Monday 4 April 2016

Smelly Feet Soup!

Well, the big Bash get together pre-season warm up for our regiment went well over last weekend.  The weather during the day was sunny and almost warm, there was some training for the Pikemen and newbies, but most people just sat around and socialised.

I spoke to the stitch and bitch group, sewing away authentically.  A pile of old kit was in a heap on a table for sale, and one of our members was proudly showing his impressive water colours of various knotting events.

I had been in a fair amount of arthritus pain which was really annoying. My fingers had swollen up like fat sausages after kneading authentic Kentish Huffs (thanks Paul Hollywood!) so I couldn't sew.

I took my cooked wares into the kitchen of the village hall, and there was an all pervading smell of boiled or fried blokes' socks, a lovely mixture of cheese and sweat.  Apparently this was vegetable soup.

Now I've eaten real humble pie (deer's testicles), and it never smelt as bad as that soup. 

When I cook, fragrances of roast chicken, fresh bread, garlic and herbs, sweet cakes and biscuits fill the air. Cornish pasties, shepherds pie, champagne jellies, stand on my worktops
everything is home made and smells fresh and delicious. I have even made cheese soup with croutons, and none of it smells like a Rugby player's sock, to use a Shoreditch phrase "it right turned me up" - I was going to vomit - soon!

Everyone got dressed to impress and I have got to say we have the best dressed ladies of any regiment. The band played authentic folk music and the beer barrel taps were turned on.   The food was laid out ready on the buffet and it did look really impressive. 

It was a good evening, chatting and socialising, hubby drinking beer and trying various different foods, I watched the dancing, dads and lads, mums and girls, grans and gramps
whirled and swirled and do si doed across the floor in squares and lines, make a rope of men, women and children, hand in hand, under over, in out, like knitting with people.
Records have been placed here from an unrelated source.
/// Puts the node into the arena: the index of its tree. `OutOfMemory` is its only refusal.
pub fn unqualified_name_to(arena: &mut Arena, node: &UnqualifiedName) -> Result<u32>
    ensures { Put (view arena.old) (view arena.new) result (tree_of_unqualified_name node.now) }
{
    match node {
        UnqualifiedName::Operator(first, second) => {
            let first = operator_name_to(arena, first);
            let second = abi_tags_to(arena, second);
            two(arena, Tag::UnqualifiedNameOperator, first, second)
        }
        UnqualifiedName::CtorDtor(first, second) => {
            let first = ctor_dtor_name_to(arena, first);
            let second = abi_tags_to(arena, second);
            two(arena, Tag::UnqualifiedNameCtorDtor, first, second)
        }
        UnqualifiedName::Source(first, second) => {
            let first = source_name_to(arena, first);
            let second = abi_tags_to(arena, second);
            two(arena, Tag::UnqualifiedNameSource, first, second)
        }
        UnqualifiedName::LocalSourceName(first, second, third) => {
            let first = source_name_to(arena, first);
            let second = optional_discriminator_to(arena, second);
            let third = abi_tags_to(arena, third);
            three(
                arena,
                Tag::UnqualifiedNameLocalSourceName,
                first,
                second,
                third,
            )
        }
        UnqualifiedName::UnnamedType(first, second) => {
            let first = unnamed_type_name_to(arena, first);
            let second = abi_tags_to(arena, second);
            two(arena, Tag::UnqualifiedNameUnnamedType, first, second)
        }
        UnqualifiedName::ClosureType(first, second) => {
            let first = closure_type_name_to(arena, first);
            let second = abi_tags_to(arena, second);
            two(arena, Tag::UnqualifiedNameClosureType, first, second)
        }
    }
}

/// Puts the node into the arena: the index of its tree. `OutOfMemory` is its only refusal.
pub fn unscoped_name_to(arena: &mut Arena, node: &UnscopedName) -> Result<u32>
    ensures { Put (view arena.old) (view arena.new) result (tree_of_unscoped_name node.now) }
{
    match node {
        UnscopedName::Unqualified(first) => {
            let first = unqualified_name_to(arena, first);
            one(arena, Tag::UnscopedNameUnqualified, first)
        }
        UnscopedName::Std(first) => {
            let first = unqualified_name_to(arena, first);
            one(arena, Tag::UnscopedNameStd, first)
        }
    }
}

/// Puts the node into the arena: the index of its tree. `OutOfMemory` is its only refusal.
pub fn unscoped_template_name_to(arena: &mut Arena, node: &UnscopedTemplateName) -> Result<u32>
    ensures { Put (view arena.old) (view arena.new) result (tree_of_unscoped_template_name node.now) }
{
    let first = unscoped_name_to(arena, &node.0);
    one(arena, Tag::UnscopedTemplateName, first)
}

/// Puts the node into the arena: the index of its tree. `OutOfMemory` is its only refusal.
pub fn nested_name_to(arena: &mut Arena, node: &NestedName) -> Result<u32>
    ensures { Put (view arena.old) (view arena.new) result (tree_of_nested_name node.now) }
{
    match node {
        NestedName::Unqualified(first, second, third, fourth) => {
            let from = arena.waiting();
            let first = cv_qualifiers_to(arena, first);
            let until_first = wait(arena, Ok(()), first);
            let second = optional_ref_qualifier_to(arena, second);
            let until_second = wait(arena, until_first, second);
            let third = optional_prefix_handle_to(arena, third);
            let until_third = wait(arena, until_second, third);
            let fourth = unqualified_name_to(arena, fourth);
            let until_fourth = wait(arena, until_third, fourth);
            gather(
                arena,
                from,
                ListOf::Node(Tag::NestedNameUnqualified),
                until_fourth,
            )
        }
        NestedName::Template(first, second, third) => {
            let first = cv_qualifiers_to(arena, first);
            let second = optional_ref_qualifier_to(arena, second);
            let third = prefix_handle_to(arena, third);
            three(arena, Tag::NestedNameTemplate, first, second, third)
        }
        NestedName::UnqualifiedExplicitObject(first, second, third) => {
            let first = optional_prefix_handle_to(arena, first);
            let second = unqualified_name_to(arena, second);
            let third = explicit_object_parameter_to(arena, third);
            three(
                arena,
                Tag::NestedNameUnqualifiedExplicitObject,
                first,
                second,
                third,
            )
        }
        NestedName::TemplateExplicitObject(first, second) => {
            let first = prefix_handle_to(arena, first);
            let second = explicit_object_parameter_to(arena, second);
            two(arena, Tag::NestedNameTemplateExplicitObject, first, second)
        }
    }
}
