ghost use Rattle.std.specs.Prelude.{◌≡◌, ◌<◌, ℕ, List, Option, length, IfSome};
ghost use Rattle.std.specs.Io.KnownBytes.{Consumes};
ghost use Rattle.gl_outside.specs.Faults.{Rose, GoesOn};
ghost use Rattle.gl_outside.specs.Source.{taken_bytes, FitsRoom, EndsExactly};

/// What a call of [`Source::take`] answers.
#[derive(Clone, Copy, Debug, PartialEq, Eq)]
pub enum Taken {
    /// So many bytes stand at the beginning of the room. None says that the source is at its end.
    Some(usize),
    /// No byte is left.
    End,
    /// The source failed, and gave no byte.
    Failed,
}

/// Where bytes come from, one after another: a file, a terminal, a list in memory.
///
/// A source may tell what it will give, as one in memory does, and then it is held to it.
pub trait Source {
    /// The bytes that calls will give from here on, where the source tells them.
    ghost remaining: { Self → Option (List ℕ) };

    /// How often the source has failed.
    ghost faults: { Self → ℕ };

    /// The source fails at no call from here on. One that can't know says so of no state.
    ghost never_fails: { Self → Type 0 } = { λ _. ⊥ };

    /// Takes the next bytes into the beginning of `room`. What stands after them is left open, and
    /// so is all of `room` where no byte was taken.
    fn take(&mut self, room: &mut [u8]) -> Taken
        requires { 0 < length room.old }

        // The bytes, in order, and the end of them.
        ensures fits { FitsRoom result room.new }
        ensures bytes { Consumes (remaining self.old) (remaining self.new)
            (taken_bytes result room.new) }
        ensures end { IfSome (remaining self.old) (EndsExactly result) }

        // The faults.
        ensures cause { result ≡ Taken.Failed → Rose (faults self.old) (faults self.new) }
        ensures count { GoesOn (faults self.old) (faults self.new) }
        ensures sound { never_fails self.old
            → never_fails self.new × (faults self.new ≡ faults self.old) };
}
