ghost use Rattle.std.specs.Prelude.{◌≡◌, ◌<◌, ◌↔◌, [], Some, length, Contains};
ghost use Rattle.std.specs.Io.KnownBytes.{Consumes};
ghost use Rattle.gl_outside.specs.Faults.{Rose, GoesOn};
ghost use Rattle.gl_outside.specs.Source.{taken_bytes, FitsRoom, EndsExactly};
ghost use Rattle.gl_outside.specs.MemorySource.{after_take, GivesMost};

use crate::calls::Calls;
use crate::source::{Source, Taken};
use gl_value::Bytes;
use std::marker::Model;

/// A source that gives bytes from memory, and fails where it is told to. It tells its bytes.
#[derive(Drop)]
pub struct MemorySource {
    bytes: Bytes,
    at: usize,
    step: usize,
    failing: Calls,
    calls: u64,
    faults: u64,
}

impl Model for MemorySource {
    ghost use Rattle.std.specs.Prelude.{◌<◌, ◌≤◌, length, drop};
    ghost use Rattle.gl_outside.specs.MemorySource.{SourceState};

    ghost Value = { SourceState };

    ghost view = { λ s. record {
      left = drop s.at s.bytes;
      step = s.step;
      failing = s.failing;
      calls = s.calls;
      faults = s.faults;
    } };

    ghost invariant = { λ s. (s.at ≤ length s.bytes) × (0 < s.step) };
}

impl MemorySource {
    /// Gives these bytes, at most `step` of them in a call, and fails at the calls with the given
    /// numbers, counted from 0, also where no byte is left. This takes no memory.
    pub fn new(bytes: Bytes, step: usize, failing: Calls) -> MemorySource
        requires { 0 < step }
        ensures { result ≡ record {
          left = bytes;
          step = step;
          failing = failing;
          calls = 0;
          faults = 0;
        } }
    {
        MemorySource {
            bytes,
            at: 0,
            step,
            failing,
            calls: 0,
            faults: 0,
        }
    }
}

impl Source for MemorySource {
    ghost remaining = { λ s. Some s.left };

    ghost faults = { λ s. s.faults };

    ghost never_fails = { λ s. s.failing ≡ [] };

    /// Gives as many bytes as `step`, the room and what is left allow. Counts of calls and faults
    /// stop at the highest number of 64 bits.
    fn take(&mut self, room: &mut [u8]) -> Taken
        requires { 0 < length room.old }

        // What every source promises.
        ensures fits { FitsRoom result room.new }
        ensures bytes { Consumes (Some self.old.left) (Some self.new.left)
            (taken_bytes result room.new) }
        ensures end { EndsExactly result self.old.left }
        ensures cause { result ≡ Taken.Failed → Rose self.old.faults self.new.faults }
        ensures count { GoesOn self.old.faults self.new.faults }
        ensures sound { self.old.failing ≡ []
            → (self.new.failing ≡ []) × (self.new.faults ≡ self.old.faults) }

        // What this one promises besides.
        ensures failed { (result ≡ Taken.Failed) ↔ Contains self.old.failing self.old.calls }
        ensures most { GivesMost self.old (length room.old) result }
        ensures after { self.new ≡ after_take self.old result }
    {
        let call = self.calls;
        self.calls = call.saturating_add(1);
        if self.failing.contains(call) {
            self.faults = self.faults.saturating_add(1);
            return Taken::Failed;
        }
        let left = &self.bytes.as_slice()[self.at..];
        if left.is_empty() {
            return Taken::End;
        }
        let count = self.step.min(room.len().min(left.len()));
        room[..count].copy_from_slice(&left[..count]);
        self.at += count;
        Taken::Some(count)
    }
}
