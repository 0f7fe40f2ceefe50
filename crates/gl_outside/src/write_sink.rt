ghost use Rattle.std.specs.Prelude.{◌≡◌, ◌≢◌, [], Some, IfSome, IsTrue};
ghost use Rattle.std.specs.Io.KnownBytes.{Appends};
ghost use Rattle.gl_outside.specs.Faults.{Rose, GoesOn};
ghost use Rattle.gl_outside.specs.Sink.{AppendsPrefix, faults_after_give};
ghost use Rattle.gl_outside.specs.WriteSink.{sink_writer, writer_faults};

use crate::sink::{Given, Sink};
use std::io::Write;

/// A sink over a writer of std. It tells what its writer tells: the bytes of one in memory, and
/// nothing of a file or a terminal.
#[derive(Drop)]
pub struct WriteSink<W> {
    writer: W,
    faults: u64,
}

impl<W: Write> WriteSink<W> {
    /// Gives the writer what it is given. Each error of the writer is a fault, an interrupted
    /// write too, and so is a write that takes nothing; their count stops at the highest number
    /// of 64 bits.
    pub fn new(writer: W) -> WriteSink<W>
        ensures writer { sink_writer result ≡ writer }
        ensures faults { writer_faults result ≡ 0 }
    {
        WriteSink { writer, faults: 0 }
    }
}

impl<W: Write> Sink for WriteSink<W> {
    ghost contents = { λ s. W.contents s.writer };

    ghost faults = { λ s. s.faults };

    /// Writes until the whole piece is taken, and then flushes the writer.
    fn give(&mut self, piece: &[u8]) -> Given

        // What every sink promises.
        ensures all { result ≡ Given.All → Appends (W.contents (sink_writer self.old))
            (W.contents (sink_writer self.new)) piece.now }
        ensures part { AppendsPrefix (W.contents (sink_writer self.old))
            (W.contents (sink_writer self.new)) piece.now }
        ensures cause { result ≡ Given.Failed
            → Rose (writer_faults self.old) (writer_faults self.new) }
        ensures nothing { IfSome (W.contents (sink_writer self.old))
            (λ had. W.contents (sink_writer self.new) ≡ Some had → piece.now ≢ []
            → Rose (writer_faults self.old) (writer_faults self.new)) }
        ensures count { GoesOn (writer_faults self.old) (writer_faults self.new) }

        // What this one promises besides.
        ensures counted { writer_faults self.new
            ≡ faults_after_give (writer_faults self.old) result }
    {
        if write_whole(&mut self.writer, piece) {
            return Given::All;
        }
        self.faults = self.faults.saturating_add(1);
        Given::Failed
    }
}

// Writes the piece and flushes; whether all went well. It stops at the first error.
fn write_whole<W: Write>(writer: &mut W, piece: &[u8]) -> bool
    ensures all { IsTrue result
        → Appends (W.contents writer.old) (W.contents writer.new) piece.now }
    ensures part { AppendsPrefix (W.contents writer.old) (W.contents writer.new) piece.now }
{
    let mut rest = piece;
    while !rest.is_empty() {
        match writer.write(rest) {
            Ok(0) => return false,
            Ok(count) => rest = &rest[count..],
            Err(_) => return false,
        }
    }
    writer.flush().is_ok()
}

#[cfg(test)]
mod tests {
    use super::*;
    use std::io;
    use std::test::Fail;

    // Takes at most two bytes a call and `room` in all, then none; its flush fails where told.
    #[derive(Drop)]
    struct Choppy {
        got: Vec<u8>,
        room: usize,
        bad_flush: bool,
    }

    impl Write for Choppy {
        fn write(&mut self, buf: &[u8]) -> io::Result<usize> {
            let free = self.room.saturating_sub(self.got.len());
            let count = buf.len().min(free).min(2);
            self.got.extend_from_slice(&buf[..count])?;
            Ok(count)
        }

        fn flush(&mut self) -> io::Result<()> {
            if self.bad_flush {
                return Err(io::Error::from(io::ErrorKind::BrokenPipe));
            }
            Ok(())
        }
    }

    #[test]
    fn writes_the_whole_piece_or_counts_a_fault(rt: HostRuntime) -> Result<(), Fail> {
        let rows = [
            (5, false, Given::All, b"abcde".as_slice()),
            (3, false, Given::Failed, b"abc".as_slice()),
            (0, false, Given::Failed, b"".as_slice()),
            (9, true, Given::Failed, b"abcde".as_slice()),
        ];
        for (room, bad_flush, answer, bytes) in rows {
            let mut sink = WriteSink::new(Choppy {
                got: Vec::new(rt.alloc()),
                room,
                bad_flush,
            });
            assert_eq!(rt; sink.give(b"abcde"), answer);
            assert_eq!(rt; sink.writer.got.as_slice(), bytes);
            assert_eq!(rt; sink.faults, u64::from(answer == Given::Failed));
        }
        Ok(())
    }
}
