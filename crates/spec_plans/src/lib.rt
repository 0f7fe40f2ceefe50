//! What lines of plan texts mean together: the plan that they make, and the first fault of lines that make none.
//! Definitions and their laws, with the plain types that they speak of and no code.
//! Lines come as they were read; how they are written stands apart.
#![tactic(auto)]

mod class;
mod fault;
mod part;

pub use class::ListClass;
pub use fault::{FaultAt, NameFault};
pub use part::Part;
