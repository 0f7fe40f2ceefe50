//! Faults of plans.

use gl_lines::PlanKind;

/// A fault in a line, by its column.
#[derive(Clone, Copy, Debug)]
pub struct NameFault {
    pub column: u64,
    pub kind: PlanKind,
}

/// A fault of a plan, by its line and column.
#[derive(Clone, Copy, Debug)]
pub struct FaultAt {
    pub line: u64,
    pub column: u64,
    pub kind: PlanKind,
}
I felt proud to be part of this regiment.  Four hundred years ago, before the English Civil War
ravaged it's way across the land, in barns across England lit by candles, people could have been doing the same dances,eating nearly the same food. Ladies would have made their own dresses as our ladies did, men would sit legs astride, drinking beer and laughing with each other talking over old times.


We know when we go and fight for a Sealed Knot event, on the day following the weekend we will be safely back at work showing off our bruises as a right of passage. Laughing about the adventures. I often think of the people whose lives we re-enact, who lived not knowing what tomorrow would bring.

As to the soup - people had it - and my cakes and huffs, and tasted all the other stuff cooked by everyone on offer. As I am still very allergic - I went back to my caravan and had a cup of tea and a slice of home-made bread and butter and came back to listen to the music.

It was raining and cold, and our caravan bed was hard as a rock. Painful to sleep on
with my arthritus. The next day the van had to be pulled and pushed out of the mud it was gently sinking in by members of the Kings Guard  - thank you so much - everyone.

So the second Knot of the Season got underway, a social, cold, wet, fun. You know you're on a Knot camp when in the early morning you see a young girl dressed as a penguin going to the bathroom!

So we forgot the mattress topper for the rock hard bed, someone else forgot their kettle,
another forgot to bring their sweaters, and we also forgot not to park the caravan on boggy
ground.  Live and learn - that's what these first Knots are all about - oh yes and having fun.